Farrow D C, Weiss N S, Lyon J L, Daling J R
Department of Epidemiology, University of Washington, Seattle.
Am J Epidemiol. 1989 Jun;129(6):1300-4. doi: 10.1093/oxfordjournals.aje.a115249.
Data from a population-based case-control study conducted in Washington State and Utah were used to assess whether obesity is associated with an altered risk of epithelial ovarian cancer. Quetelet index, defined as weight (kg) at age 30 years divided by height (m) squared, was calculated for each woman, and the values for all subjects were divided into five categories of approximately equal size. Compared with women in the lowest category, women in the highest category had an odds ratio of 1.7 (95 per cent CI 1.1-2.7). Risks for women in the three intermediate Quetelet index categories also exceeded the risk for women in the lowest group, but to a much smaller degree. Among women with serous tumors, those in the highest Quetelet index category were at a greater than twofold excess risk (OR = 2.2, 95 per cent CI 1.1-4.2), but the risk was not increased in the intermediate categories. For endometrioid tumors, risk increased consistently with increasing Quetelet index, and the odds ratio in the highest category was 4.7 (95 per cent CI 1.0-22.7). For both serous and endometrioid tumors, the excess risk was largely confined to premenopausal women. The results of this analysis suggest that for at least some types of ovarian tumor, obesity may warrant further attention as a possible etiologic factor.

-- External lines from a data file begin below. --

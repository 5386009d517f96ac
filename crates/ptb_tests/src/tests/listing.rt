// This file tests listings of runs, also to writers that fail and where memory is refused.

use crate::tests::devices::{FAILINGS, Failing, make_sink};
use crate::tests::explorers::{ALL, BRANCHES, Listing, Runs, explorer_of, open_fault};
use crate::tests::shared::{
    FOUR_OF_3, FOUR_OF_4, ONE, ONE_OF_1, ONE_OF_2, ONE_OF_3, ONE_OF_4, OUT_OF_MEMORY, Row, THREE,
    TWO, TWO_OF_2, TWO_OF_3, ZERO, are_asked, expect_rows, expect_same, loaded, plain_rules, table,
};
use crate::tests::written_rows::{Written, has_just, is_begun, is_result, refused_after, tell};
use ptb_explore::{ExploreFault, Explorer, Form, OpenFault, write_all_runs};
use ptb_machine::{Ending, Line};
use ptb_text::{Device, Program};
use std::alloc::{AllocError, Global};
use std::test::Fail;

const PRODUCTS: &str = "10 PRINT RND(2)*RND(2)";

const PRODUCT_REPORTS: &[&str] = &[
    "RUN 1,1 END 1 7\n     1\n\n",
    "RUN 1,2 END 1 7\n     2\n\n",
    "RUN 2,1 END 1 7\n     2\n\n",
    "RUN 2,2 END 1 7\n     4\n\n",
];

const BRANCH_REPORTS: &[&str] = &[
    "RUN 1 END 2 0\n\n",
    "RUN 2,1 END 4 7\n     1\n\n",
    "RUN 2,2 END 4 7\n     2\n\n",
    "RUN 2,3 END 4 7\n     3\n\n",
];

const LISTINGS: &[Written<Listing<'static>>] = table! { Written:
    ("", "", ALL, &["RUN none END 0 0\n\n"]),
    (PRODUCTS, "", ALL, PRODUCT_REPORTS),
    (BRANCHES, "", ALL, BRANCH_REPORTS),
    ("10 A=RND(2)-1;B=RND(A)", "", ALL, &["RUN 1 HOW 2 29\nHOW?\n10 A=RND(2)-1;B=RND(A)?\n\n", "RUN 2,1 END 2 0\n\n"]),
    ("10 INPUT A;PRINT A", "RND(2)", ALL,
     &["RUN 1 END 2 16\nA:RND(2)\n     1\n\n", "RUN 2 END 2 16\nA:RND(2)\n     2\n\n"]),
    ("10 INPUT A", "", ALL, &["RUN none NOINPUT 1 2\nA:\n"]),
    ("10 A=RND(2);B=RND(2)", "", Listing { limit: 1, ..ALL }, &["RUN 1 LIMIT 1 0\n\n", "RUN 2 LIMIT 1 0\n\n"]),
    // each answer that INPUT takes instead of a line gives a run, as each of RND's does
    ("10 INPUT A;PRINT A", "", Listing { choose: Some(2), ..ALL },
     &["RUN 1 END 2 11\nA:1\n     1\n\n", "RUN 2 END 2 11\nA:2\n     2\n\n"]),
    ("10 INPUT A;PRINT A", ")", Listing { choose: Some(2), ..ALL },
     &["RUN 1 END 2 21\nA:)\nWHAT?\nA:1\n     1\n\n", "RUN 2 END 2 21\nA:)\nWHAT?\nA:2\n     2\n\n"]),
    ("10 INPUT A;PRINT A", "7", Listing { choose: Some(2), ..ALL }, &["RUN none END 2 11\nA:7\n     7\n\n"]),
    ("10 INPUT @(RND(2)-1)", "", Listing { choose: Some(2), ..ALL },
     &["RUN 1,1 END 1 14\n@(RND(2)-1):1\n\n", "RUN 1,2 END 1 14\n@(RND(2)-1):2\n\n",
       "RUN 2,1 END 1 14\n@(RND(2)-1):1\n\n", "RUN 2,2 END 1 14\n@(RND(2)-1):2\n\n"]),
    // after a run
    (PRODUCTS, "", Listing { runs: Runs::After(&[1, 1]), first: Some(2), ..ALL },
     &["RUN 1,2 END 1 7\n     2\n\n", "RUN 2,1 END 1 7\n     2\n\n"]),
    (BRANCHES, "", Listing { runs: Runs::After(&[2, 3]), ..ALL }, &[]),
    ("", "", Listing { runs: Runs::After(&[]), ..ALL }, &[]),
};

// The reports of the branches, with bounds.
const RUN_1: &str = "RUN 1/2 END 2 0\n\n";

const RUN_2_1: &str = "RUN 2/2,1/3 END 4 7\n     1\n\n";

const RUN_2_2: &str = "RUN 2/2,2/3 END 4 7\n     2\n\n";

const RUN_2_3: &str = "RUN 2/2,3/3 END 4 7\n     3\n\n";

// Listings of the branches in form 2: which runs, how many at most, and the reports that are due.
macro_rules! branches {
    ($(($runs:expr, $first:expr, $due:expr)),* $(,)?) => {
        &[$(
            Written(
                BRANCHES,
                "",
                Listing {
                    runs: $runs,
                    first: $first,
                    form: Form::Two,
                    ..ALL
                },
                $due,
            )
        ),*]
    };
}

const LISTINGS_OF_BRANCHES: &[Written<Listing<'static>>] = branches! {
    (Runs::All, None, &[RUN_1, RUN_2_1, RUN_2_2, RUN_2_3]),
    // after the run of the answers 2 and 1: each bound may be stated or not
    (Runs::AfterMarked(&[TWO, ONE]), None, &[RUN_2_2, RUN_2_3]),
    (Runs::AfterMarked(&[TWO, ONE_OF_3]), None, &[RUN_2_2, RUN_2_3]),
    (Runs::AfterMarked(&[TWO_OF_2, ONE]), None, &[RUN_2_2, RUN_2_3]),
    (Runs::AfterMarked(&[TWO_OF_2, ONE_OF_3]), None, &[RUN_2_2, RUN_2_3]),
    // those that begin with some answers
    (Runs::Under(&[]), None, &[RUN_1, RUN_2_1, RUN_2_2, RUN_2_3]),
    (Runs::Under(&[ONE]), None, &[RUN_1]),
    (Runs::Under(&[TWO]), None, &[RUN_2_1, RUN_2_2, RUN_2_3]),
    (Runs::Under(&[TWO]), Some(1), &[RUN_2_1]),
    (Runs::Under(&[TWO, ONE_OF_3]), None, &[RUN_2_1]),
    (Runs::Under(&[TWO, THREE]), None, &[RUN_2_3]),
    (Runs::Under(&[TWO_OF_2]), None, &[RUN_2_1, RUN_2_2, RUN_2_3]),
    (Runs::Under(&[TWO_OF_2]), Some(1), &[RUN_2_1]),
    (Runs::Under(&[TWO_OF_2, ONE_OF_3]), None, &[RUN_2_1]),
    (Runs::Under(&[TWO_OF_2, THREE]), None, &[RUN_2_3]),
    // after one of them
    (Runs::UnderAfter(&[TWO], &[TWO_OF_2, ONE]), None, &[RUN_2_2, RUN_2_3]),
    (Runs::UnderAfter(&[TWO], &[TWO_OF_2, TWO]), None, &[RUN_2_3]),
    (Runs::UnderAfter(&[TWO], &[TWO_OF_2, THREE]), None, &[]),
    (Runs::UnderAfter(&[ONE], &[ONE]), None, &[]),
};

// The program of the branches, and where memory is from.
type Branches = (Global, Program);

// Runs of the branches that are none: no run is that after which they come, or none begins so.
enum NoRuns {
    NotARun(Runs<'static>),
    NoBeginning(Runs<'static>),
}

impl Row<Branches> for NoRuns {
    fn holds(&self, context: &Branches) -> bool {
        match *self {
            NoRuns::NotARun(runs) => matches!(
                open_fault(context.0, &context.1, runs),
                Some(OpenFault::NotARun(_))
            ),
            NoRuns::NoBeginning(runs) => matches!(
                open_fault(context.0, &context.1, runs),
                Some(OpenFault::NoBeginning(_))
            ),
        }
    }
}

const NO_RUNS: &[NoRuns] = &[
    NoRuns::NotARun(Runs::After(&[])),
    NoRuns::NotARun(Runs::After(&[2])),
    NoRuns::NotARun(Runs::After(&[2, 4])),
    NoRuns::NotARun(Runs::After(&[2, 1, 1])),
    NoRuns::NotARun(Runs::After(&[0])),
    // the bound of another question
    NoRuns::NotARun(Runs::AfterMarked(&[TWO_OF_3, ONE_OF_3])),
    NoRuns::NotARun(Runs::AfterMarked(&[TWO_OF_2, ONE_OF_2])),
    NoRuns::NotARun(Runs::AfterMarked(&[TWO, ONE_OF_4])),
    NoRuns::NotARun(Runs::AfterMarked(&[ONE_OF_1])),
    // beginnings, a run and more, an answer out of range
    NoRuns::NotARun(Runs::AfterMarked(&[])),
    NoRuns::NotARun(Runs::AfterMarked(&[TWO_OF_2])),
    NoRuns::NotARun(Runs::AfterMarked(&[TWO_OF_2, ONE_OF_3, ONE])),
    NoRuns::NotARun(Runs::AfterMarked(&[TWO_OF_2, FOUR_OF_3])),
    NoRuns::NotARun(Runs::AfterMarked(&[TWO_OF_2, FOUR_OF_4])),
    NoRuns::NotARun(Runs::UnderAfter(&[TWO], &[ONE])),
    NoRuns::NoBeginning(Runs::Under(&[ONE, ONE])),
    NoRuns::NoBeginning(Runs::Under(&[THREE])),
    NoRuns::NoBeginning(Runs::Under(&[ZERO])),
    NoRuns::NoBeginning(Runs::Under(&[TWO_OF_3])),
    NoRuns::NoBeginning(Runs::Under(&[TWO_OF_2, ONE_OF_2])),
    NoRuns::NoBeginning(Runs::Under(&[TWO, FOUR_OF_4])),
];

#[test]
fn listings(rt: HostRuntime) -> Result<(), Fail> {
    expect_rows(&rt, "listings", &rt.alloc(), LISTINGS);
    expect_rows(
        &rt,
        "listings of branches",
        &rt.alloc(),
        LISTINGS_OF_BRANCHES,
    );
    let (program, _) = loaded(rt.alloc(), BRANCHES, "")?;
    expect_rows(&rt, "no runs", &(rt.alloc(), program), NO_RUNS);
    Ok(())
}

// Whether the next run has the answers 1 and this one to questions with the bounds 1 and 2, takes two
// steps, and shows a number.
fn is_next(explorer: &mut Explorer, second: i16) -> bool {
    match explorer.next() {
        Ok(Some(report)) => {
            are_asked(&report.asked, &[1, second], &[1, 2])
                && report.ending == Ending::End
                && report.steps == 2
                && report.transcript.len() == 7
        }
        _ => false,
    }
}

// Whether no run is left, even if this is asked again.
fn is_none_left(explorer: &mut Explorer) -> bool {
    matches!(explorer.next(), Ok(None)) && matches!(explorer.next(), Ok(None))
}

#[test]
fn lends_each_report(rt: HostRuntime) -> Result<(), Fail> {
    let (program, lines) = loaded(rt.alloc(), "10 A=RND(1);P.RND(2)", "")?;
    let mut explorer = Explorer::start(rt.alloc(), &program, &lines, plain_rules(10000))?;
    let both = is_next(&mut explorer, 1) && is_next(&mut explorer, 2);
    expect_same(&rt, "both runs", both, true);
    expect_same(&rt, "no run is left", is_none_left(&mut explorer), true);
    Ok(())
}

// Whether the listing of all products to a writer that fails after so many calls counts the reports that
// are written. A report of 24 bytes takes five calls.
fn is_counted(
    alloc: Global,
    program: &Program,
    lines: &[Line],
    failing: Failing,
    calls: usize,
) -> bool {
    let mut sink = make_sink(alloc, 5, calls, failing);
    let Ok(mut explorer) = explorer_of(alloc, program, lines, plain_rules(10000), Runs::All) else {
        return false;
    };
    let written = write_all_runs(&mut explorer, None, Form::One, &mut Device::new(&mut sink));
    is_result(written, &sink.taken, PRODUCT_REPORTS) && written.is_ok() == (calls == 20)
}

// The writer fails at its first call, at its second, and so on until it does not fail.
#[test]
fn counts_reports_of_a_failing_writer(rt: HostRuntime) -> Result<(), Fail> {
    let (program, lines) = loaded(rt.alloc(), PRODUCTS, "")?;
    for &failing in FAILINGS {
        for calls in 0..=20 {
            let is_right = is_counted(rt.alloc(), &program, &lines, failing, calls);
            let found = (failing, calls, is_right);
            expect_same(&rt, "reports are counted", found, (failing, calls, true));
        }
    }
    Ok(())
}

// How many reports were written, even if memory was refused.
fn count_of(written: Result<u64, ExploreFault>) -> usize {
    match written {
        Ok(count) => count as usize,
        Err(ExploreFault::Memory(count)) => count as usize,
        Err(ExploreFault::Write(_)) => usize::MAX,
    }
}

// Whether a listing has all reports that are left.
fn is_rest_written(explorer: &mut Explorer, reports: &[&str]) -> bool {
    let mut room = [b'.'; 100];
    let written = write_all_runs(explorer, None, Form::One, &mut Device::new(&mut room[..]));
    written == Ok(reports.len() as u64) && has_just(&room, reports)
}

// After how many reports memory was refused a listing, if it was; it has just these, and a second one has
// the others.
fn begun(explorer: &mut Explorer) -> Result<Option<u64>, &'static str> {
    let mut room = [b'.'; 100];
    let first = write_all_runs(explorer, None, Form::One, &mut Device::new(&mut room[..]));
    let Some(rest) = BRANCH_REPORTS.get(count_of(first)..) else {
        return Err("no such reports");
    };
    if is_begun(first, &room, BRANCH_REPORTS) && is_rest_written(explorer, rest) {
        Ok(refused_after(first))
    } else {
        Err("other reports")
    }
}

// The same of a program, unless there is no memory for its explorer.
fn begun_from(alloc: Global, text: &str) -> Result<Option<u64>, &'static str> {
    let (program, lines) = match loaded(alloc, text, "") {
        Ok(both) => both,
        Err(why) if why == OUT_OF_MEMORY => return Ok(None),
        Err(why) => return Err(why),
    };
    match Explorer::start(alloc, &program, &lines, plain_rules(10000)) {
        Ok(mut explorer) => begun(&mut explorer),
        Err(AllocError) => Ok(None),
    }
}

// Passes whichever of its allocations is refused: the listing that ends there has just the reports
// that it counts, and a second one by the same explorer has the others.
#[test]
fn refused_listings_go_on(rt: HostRuntime) -> Result<(), Fail> {
    let refused = begun_from(rt.alloc(), BRANCHES)?;
    tell(&rt, refused)
}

一项在华盛顿州和犹他州开展的基于人群的病例对照研究数据,被用于评估肥胖是否与上皮性卵巢癌风险的改变有关。计算了每位女性的奎特利指数(定义为30岁时的体重(千克)除以身高(米)的平方),并将所有受试者的数值分为大致相等的五个类别。与最低类别组的女性相比,最高类别组的女性优势比为1.7(95%置信区间1.1 - 2.7)。奎特利指数处于中间三个类别的女性风险也超过了最低组女性的风险,但程度要小得多。在患有浆液性肿瘤的女性中,奎特利指数最高类别组的女性风险高出两倍多(优势比 = 2.2,95%置信区间1.1 - 4.2),但中间类别组的风险并未增加。对于子宫内膜样肿瘤,风险随着奎特利指数的增加而持续上升,最高类别组的优势比为4.7(95%置信区间1.0 - 22.7)。对于浆液性和子宫内膜样肿瘤,额外风险主要局限于绝经前女性。该分析结果表明,对于至少某些类型的卵巢肿瘤,肥胖作为一种可能的病因因素可能值得进一步关注。